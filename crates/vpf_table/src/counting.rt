//! How many rows there are, or the first fault among them.

ghost use Rattle.std.specs.Prelude.{◌≡◌, ◌≤◌, ◌<◌, Some, IfSome, length};
ghost use Rattle.vpf_base.specs.Limits.{most_rows};
ghost use Rattle.vpf_table.specs.Reading.{rows_at};
ghost use Rattle.vpf_table.specs.Walking.{counted};
ghost use Rattle.vpf_table.specs.Inner.Widths.{width_of};

use crate::placed_header::PlacedHeader;
use crate::walking::skip_row;
use vpf_base::limits::MOST_ROWS;
use vpf_findings::value::laws::fixed_cells;
use vpf_triplet::{Code, Place};

/// The row past the most.
const TOO_MANY_ROWS: u64 = MOST_ROWS as u64 + 1;

fn walked_count(header: &PlacedHeader<'_>, bytes: &[u8], at: usize) -> Result<u32, Place>
    requires { at ≤ length bytes.now }
    ensures { result ≡ counted 0 (rows_at most_rows header.now.order header.now.columns bytes.now at) }
{
    let mut here = at;
    let mut rows: u32 = 0;
    while here < bytes.len() {
        if rows == MOST_ROWS {
            return Err(Place::in_table(here, Code::LimitRows(TOO_MANY_ROWS)));
        }
        let past = skip_row(header, bytes, here)?;
        here = past;
        rows += 1;
    }
    Ok(rows)
}

/// How many rows of one width there are: the whole ones, and none that is cut.
fn fixed_count(
    header: &PlacedHeader<'_>,
    bytes: &[u8],
    at: usize,
    width: usize,
) -> Result<u32, Place>
    requires inside { at ≤ length bytes.now }
    requires some { 0 < width }
    requires fixed { width_of header.now.columns ≡ Some width }
    ensures { result ≡ counted 0 (rows_at most_rows header.now.order header.now.columns bytes.now at) }
{
    fixed_cells();
    let room = bytes.len() - at;
    let whole = (room / width).min(MOST_ROWS as usize);
    let past = at + whole * width;
    if past == bytes.len() {
        return Ok(whole as u32);
    }
    if whole == MOST_ROWS as usize {
        return Err(Place::in_table(past, Code::LimitRows(TOO_MANY_ROWS)));
    }
    match skip_row(header, bytes, past) {
        Ok(_) => unreachable!(),
        Err(place) => Err(place),
    }
}

/// How many rows there are from `at` on, or the first fault: a cell that isn't spelled, or a row past the most.
pub fn count_rows(
    header: &PlacedHeader<'_>,
    bytes: &[u8],
    at: usize,
    width: Option<usize>,
) -> Result<u32, Place>
    requires inside { at ≤ length bytes.now }
    requires fixed { IfSome width (λ w. width_of header.now.columns ≡ Some w) }
    ensures { result ≡ counted 0 (rows_at most_rows header.now.order header.now.columns bytes.now at) }
{
    match width {
        Some(width) if width > 0 => fixed_count(header, bytes, at, width),
        _ => walked_count(header, bytes, at),
    }
}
:::::
Task instructions
Each line from the one that contains "let room = bytes.len() - at;" through the last line of the listing above should be written out exactly, and no other line.

Exercise answer
    let room = bytes.len() - at;
    let whole = (room / width).min(MOST_ROWS as usize);
    let past = at + whole * width;
    if past == bytes.len() {
        return Ok(whole as u32);
    }
    if whole == MOST_ROWS as usize {
        return Err(Place::in_table(past, Code::LimitRows(TOO_MANY_ROWS)));
    }
    match skip_row(header, bytes, past) {
        Ok(_) => unreachable!(),
        Err(place) => Err(place),
    }
}

/// How many rows there are from `at` on, or the first fault: a cell that isn't spelled, or a row past the most.
pub fn count_rows(
    header: &PlacedHeader<'_>,
    bytes: &[u8],
    at: usize,
    width: Option<usize>,
) -> Result<u32, Place>
    requires inside { at ≤ length bytes.now }
    requires fixed { IfSome width (λ w. width_of header.now.columns ≡ Some w) }
    ensures { result ≡ counted 0 (rows_at most_rows header.now.order header.now.columns bytes.now at) }
{
    match width {
        Some(width) if width > 0 => fixed_count(header, bytes, at, width),
        _ => walked_count(header, bytes, at),
    }
}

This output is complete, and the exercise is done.